PROBLEM TO SOLVE :: All lines from the opening of the data to the line containing "pub use reading::read_state;" must be returned unchanged, and only those lines.

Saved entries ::
[Start of section]
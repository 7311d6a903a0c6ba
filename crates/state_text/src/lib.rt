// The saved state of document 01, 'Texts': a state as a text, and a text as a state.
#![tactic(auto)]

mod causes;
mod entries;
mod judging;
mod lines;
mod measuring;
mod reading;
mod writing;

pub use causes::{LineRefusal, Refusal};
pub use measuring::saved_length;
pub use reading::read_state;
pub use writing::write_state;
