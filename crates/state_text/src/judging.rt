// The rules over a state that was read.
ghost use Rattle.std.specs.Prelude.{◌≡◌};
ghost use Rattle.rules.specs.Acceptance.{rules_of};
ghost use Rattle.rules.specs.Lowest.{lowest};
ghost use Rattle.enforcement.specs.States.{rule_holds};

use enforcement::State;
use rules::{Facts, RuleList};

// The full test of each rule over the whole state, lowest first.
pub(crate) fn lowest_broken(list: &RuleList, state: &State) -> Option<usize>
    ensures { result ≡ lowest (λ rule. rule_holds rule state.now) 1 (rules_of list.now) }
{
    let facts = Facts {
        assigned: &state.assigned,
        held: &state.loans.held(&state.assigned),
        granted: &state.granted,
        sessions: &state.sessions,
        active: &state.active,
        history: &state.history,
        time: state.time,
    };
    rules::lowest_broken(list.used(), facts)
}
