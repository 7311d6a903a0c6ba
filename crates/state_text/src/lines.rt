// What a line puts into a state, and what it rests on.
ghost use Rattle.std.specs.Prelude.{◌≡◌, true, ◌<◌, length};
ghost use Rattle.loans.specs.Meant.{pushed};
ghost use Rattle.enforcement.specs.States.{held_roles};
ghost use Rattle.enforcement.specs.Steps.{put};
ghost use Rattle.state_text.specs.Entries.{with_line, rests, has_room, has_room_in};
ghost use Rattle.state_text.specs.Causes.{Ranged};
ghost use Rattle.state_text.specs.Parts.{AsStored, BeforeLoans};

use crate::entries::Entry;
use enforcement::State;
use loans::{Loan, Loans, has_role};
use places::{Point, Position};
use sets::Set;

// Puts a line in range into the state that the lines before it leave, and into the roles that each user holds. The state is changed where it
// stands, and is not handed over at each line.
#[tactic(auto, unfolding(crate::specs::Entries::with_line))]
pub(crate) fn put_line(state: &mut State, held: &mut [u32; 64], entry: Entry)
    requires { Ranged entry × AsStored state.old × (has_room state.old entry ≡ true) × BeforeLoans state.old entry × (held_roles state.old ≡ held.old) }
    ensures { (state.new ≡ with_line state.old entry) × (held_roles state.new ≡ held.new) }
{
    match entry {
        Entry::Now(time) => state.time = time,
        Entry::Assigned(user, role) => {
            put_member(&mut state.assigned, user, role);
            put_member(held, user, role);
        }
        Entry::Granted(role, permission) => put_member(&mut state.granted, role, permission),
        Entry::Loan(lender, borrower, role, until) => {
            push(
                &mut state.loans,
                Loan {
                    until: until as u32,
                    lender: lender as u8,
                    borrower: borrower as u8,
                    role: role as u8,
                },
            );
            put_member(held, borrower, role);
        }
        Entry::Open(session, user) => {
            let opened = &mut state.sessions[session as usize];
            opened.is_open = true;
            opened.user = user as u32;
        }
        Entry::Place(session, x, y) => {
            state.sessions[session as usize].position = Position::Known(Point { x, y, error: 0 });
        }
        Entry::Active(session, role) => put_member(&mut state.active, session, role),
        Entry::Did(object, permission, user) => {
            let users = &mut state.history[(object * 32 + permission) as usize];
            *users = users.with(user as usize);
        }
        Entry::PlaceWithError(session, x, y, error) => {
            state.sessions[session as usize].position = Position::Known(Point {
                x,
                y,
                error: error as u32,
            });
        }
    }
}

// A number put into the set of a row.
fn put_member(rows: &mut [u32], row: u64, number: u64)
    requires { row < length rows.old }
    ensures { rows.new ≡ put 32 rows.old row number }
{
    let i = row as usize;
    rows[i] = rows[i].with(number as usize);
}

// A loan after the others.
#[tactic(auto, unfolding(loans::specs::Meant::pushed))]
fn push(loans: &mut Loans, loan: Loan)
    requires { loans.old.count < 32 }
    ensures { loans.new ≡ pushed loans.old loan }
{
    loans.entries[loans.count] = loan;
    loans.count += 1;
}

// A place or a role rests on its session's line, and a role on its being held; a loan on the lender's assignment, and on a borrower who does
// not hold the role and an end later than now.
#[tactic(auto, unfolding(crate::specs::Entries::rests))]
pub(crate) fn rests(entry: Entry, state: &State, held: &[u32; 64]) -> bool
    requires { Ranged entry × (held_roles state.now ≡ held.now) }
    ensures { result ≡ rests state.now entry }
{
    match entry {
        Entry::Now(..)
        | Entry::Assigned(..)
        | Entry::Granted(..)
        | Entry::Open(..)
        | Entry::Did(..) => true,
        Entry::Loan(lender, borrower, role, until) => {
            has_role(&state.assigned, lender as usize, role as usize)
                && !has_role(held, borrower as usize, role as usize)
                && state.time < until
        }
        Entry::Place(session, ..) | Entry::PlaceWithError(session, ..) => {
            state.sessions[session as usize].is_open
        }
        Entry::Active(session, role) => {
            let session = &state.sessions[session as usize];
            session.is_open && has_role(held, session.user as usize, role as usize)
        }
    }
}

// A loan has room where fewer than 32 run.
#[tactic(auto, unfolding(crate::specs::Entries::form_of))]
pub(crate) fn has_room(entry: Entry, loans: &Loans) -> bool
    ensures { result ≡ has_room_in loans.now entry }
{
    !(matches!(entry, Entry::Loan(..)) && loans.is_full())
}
[End of section]
RESPONSE AREA ::
repository 7311d6a903a0c6ba
filename crates/state_text/src/lib.rt
// The saved state of document 01, 'Texts': a state as a text, and a text as a state.
#![tactic(auto)]

mod causes;
mod entries;
mod judging;
mod lines;
mod measuring;
mod reading;
mod writing;

pub use causes::{LineRefusal, Refusal};
pub use measuring::saved_length;
pub use reading::read_state;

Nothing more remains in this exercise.